Usage: download_data.py [OPTIONS] COMMAND [ARGS]...

  Fetch a dataset used in Dioptra's examples and demos.

Options:
  --output DIRECTORY            The path to the folder where the example
                                datasets are stored. Defaults to the current
                                working directory.
  --overwrite / --no-overwrite  Fetch the data even if the target folder
                                already exists and overwrite any existing data
                                files. By default the program will exit early
                                if the target folder already exists.
  -h, --help                    Show this message and exit.

Commands:
  fruits360  Fetch the Fruits 360 dataset hosted on Kaggle.
  imagenet   Fetch the ImageNet Object Localization Challenge dataset...
  mnist      Fetch the MNIST dataset.
  roadsigns  Fetch the Road Signs Detection dataset hosted on Kaggle.

Please note that some of the datasets have additional options that can be viewed by running python ./scripts/download_data.py DATASET -h. For example, running python ./scripts/download_data.py fruits360 -h displays the help message for the Fruits 360 dataset shown below:

Usage: download_data.py fruits360 [OPTIONS]

  Fetch the Fruits 360 dataset hosted on Kaggle.

  This downloader uses the Kaggle API and requires the use of an API token.
  For instructions on how to obtain and use a Kaggle API token, see
  https://github.com/Kaggle/kaggle-api#api-credentials.

Options:
  --remove-zip / --no-remove-zip  Remove/keep the dataset zip file after
                                  extracting it. By default it will be
                                  removed.
  -h, --help                      Show this message and exit.

Examples

# Downloads the MNIST dataset to /dioptra/data/Mnist, overwriting any existing files.
python ./scripts/download_data.py --output /dioptra/data --overwrite mnist

# Downloads the Road Signs Detection dataset to ./Road-Signs-Detection-v2. The
# script will stop early if the folder ./Road-Signs-Detection-v2 exists.
python ./scripts/download_data.py roadsigns

# Downloads the Fruits 360 dataset to /dioptra/data/Fruits360. The script will
# stop early and if the folder /dioptra/data/Fruits360 exists and the dataset
# zip file downloaded from Kaggle will not be removed.
python ./scripts/download_data.py --output /dioptra/data fruits360 --no-remove-zip

Mounting the data folder in the worker containers

In order to use the datasets you downloaded using the download_data.py script, you will need to mount them into the worker containers. However, the docker-compose.yml file generated by the cookiecutter template does not mount any folders from your host machine into the worker containers. To address this, open the docker-compose.yml file generated by the cookiecutter template in a text editor and find the blocks for the worker containers. The worker container blocks will have tfcpu, tfgpu, pytorch-cpu, or pytorch-gpu in their names. Append the line - /path/to/data:/dioptra/data:ro to the volumes: subsection. An example is shown below.
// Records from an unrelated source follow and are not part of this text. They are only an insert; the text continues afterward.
//! The marks of the blocks of signals that were written since the last slot of the value change dump.
ghost use Rattle.std.specs.Prelude.{◌≡◌, ◌<◌, ◌≤◌, ◌*◌, ◌^◌, ℕ, false, length, IfOk};
ghost use Rattle.vs_vcd_writing.specs.Marks.{is_marked};

use std::alloc::{AllocError, Global};
use vs_vcd_writing::BLOCK;

/// Marks for so many signals; none is set.
pub fn no_marks(alloc: Global, signals: usize) -> Result<Vec<u64>, AllocError>
    requires { signals < 2 ^ 63 }
    ensures none { IfOk result (λ marks. (signal : ℕ) → is_marked marks.items signal ≡ false) }
    ensures room { IfOk result (λ marks. signals < 512 * length marks.items) }
    ensures few { IfOk result (λ marks. length marks.items ≤ 2 ^ 57) }
{
    let words = signals / BLOCK / 64 + 1;
    let marks = vec![in alloc; 0; words]?;
    Ok(marks)
}

/// Takes all marks away.
pub fn clear(marks: &mut Vec<u64>)
    ensures len { length marks.new.items ≡ length marks.old.items }
    ensures none { (signal : ℕ) → is_marked marks.new.items signal ≡ false }
{
    for word in 0..marks.len() {
        marks[word] = 0;
    }
}
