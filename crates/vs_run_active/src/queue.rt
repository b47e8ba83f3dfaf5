//! The numbers of what is next, in their order.

use std::alloc::{AllocError, Global};

/// A queue of numbers. Those that have left keep their room until the queue is empty, or no room is left.
#[derive(Drop)]
pub struct Queue {
    items: Vec<usize>,
    head: usize,
    /// Of each continuous assignment whether it is silent: in a wave of updates nothing sees it.
    silent: Vec<bool>,
    /// Whether a wave of updates runs: from where they are activated to the next move of a region.
    in_wave: bool,
}

impl Queue {
    /// An empty one; of each continuous assignment it is told whether it is silent.
    pub fn new(alloc: Global, silent: Vec<bool>) -> Self {
        Queue {
            items: Vec::new(alloc),
            head: 0,
            silent,
            in_wave: false,
        }
    }

    /// Whether nothing is in it.
    #[inline(always)]
    pub fn is_empty(&self) -> bool {
        self.items.len() <= self.head
    }

    /// How many numbers are in it.
    #[inline(always)]
    pub fn len(&self) -> usize {
        self.items.len().saturating_sub(self.head)
    }

    /// Whether a continuous assignment is silent, in a wave of updates.
    #[inline(always)]
    fn is_unseen(&self, assign: usize) -> bool {
        self.in_wave && matches!(self.silent.get(assign), Some(true))
    }

    /// Whether the update of a continuous assignment may be made with its evaluation: it would be next, or nothing sees it before the wave is over.
    #[inline(always)]
    pub fn may_follow(&self, assign: usize) -> bool {
        self.is_empty() || self.is_unseen(assign)
    }

    /// A wave of updates runs from now on, or none.
    #[inline(always)]
    pub fn set_wave(&mut self, in_wave: bool) {
        self.in_wave = in_wave;
    }

    /// Puts a number at the end.
    #[inline(always)]
    pub fn push(&mut self, number: usize) -> Result<(), AllocError> {
        if self.items.len() == self.items.capacity() {
            self.make_room()?;
        }
        self.items.push(number)?;
        Ok(())
    }

    /// Makes room for one more: where more than half of the room is that of numbers which have left, by moving the others to the front.
    #[inline(never)]
    fn make_room(&mut self) -> Result<(), AllocError> {
        if self.head <= self.items.len() / 2 {
            self.items.reserve(1)?;
            return Ok(());
        }
        let left = self.len();
        for i in 0..left {
            let from = self.head.saturating_add(i);
            if let Some(number) = self.items.get(from) {
                let number = *number;
                if let Some(room) = self.items.get_mut(i) {
                    *room = number;
                }
            }
        }
        self.items.truncate(left);
        self.head = 0;
        Ok(())
    }

    /// Takes the first one.
    #[inline(always)]
    pub fn pop(&mut self) -> Option<usize> {
        let number = *self.items.get(self.head)?;
        self.head = self.head.wrapping_add(1);
        if self.head == self.items.len() {
            self.items.clear();
            self.head = 0;
        }
        Some(number)
    }

    /// Puts those after the first so many into order.
    #[inline(always)]
    pub fn sort_from(&mut self, from: usize) {
        let at = self.head.saturating_add(from);
        if at.saturating_add(1) < self.items.len() {
            self.items[at..].sort_unstable();
        }
    }
}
⚠️ Important! Do not use /path/to/data verbatim, change it to the absolute path to data folder you created on your computer!

dioptra-deployment-tfcpu-01:
  # Skipping unaffected lines in block
  volumes:
    - worker-ca-certificates:/usr/local/share/ca-certificates:rw
    - worker-etc-ssl:/etc/ssl:rw
    - /path/to/data:/dioptra/data:ro

dioptra-deployment-pytorchcpu-01:
  # Skipping unaffected lines in block
  volumes:
    - worker-ca-certificates:/usr/local/share/ca-certificates:rw
    - worker-etc-ssl:/etc/ssl:rw
    - /path/to/data:/dioptra/data:ro

If your data is stored in an NFS share and not on your local computer, please see Mounting a folder on a NFS share in the Dioptra documentation.

Starting Jupyter Lab

Each example is contained in a Jupyter notebook that interacts with your Dioptra instance. To use the notebooks, activate your virtual environment and start Jupyter Lab from the command line.

# Run this in the examples/ folder
jupyter lab

Once Jupyter Lab starts up and is visible in your web browser, use the file explorer to navigate to the example folder that you want to try and open the Jupyter notebook (it will usually be named demo.ipynb).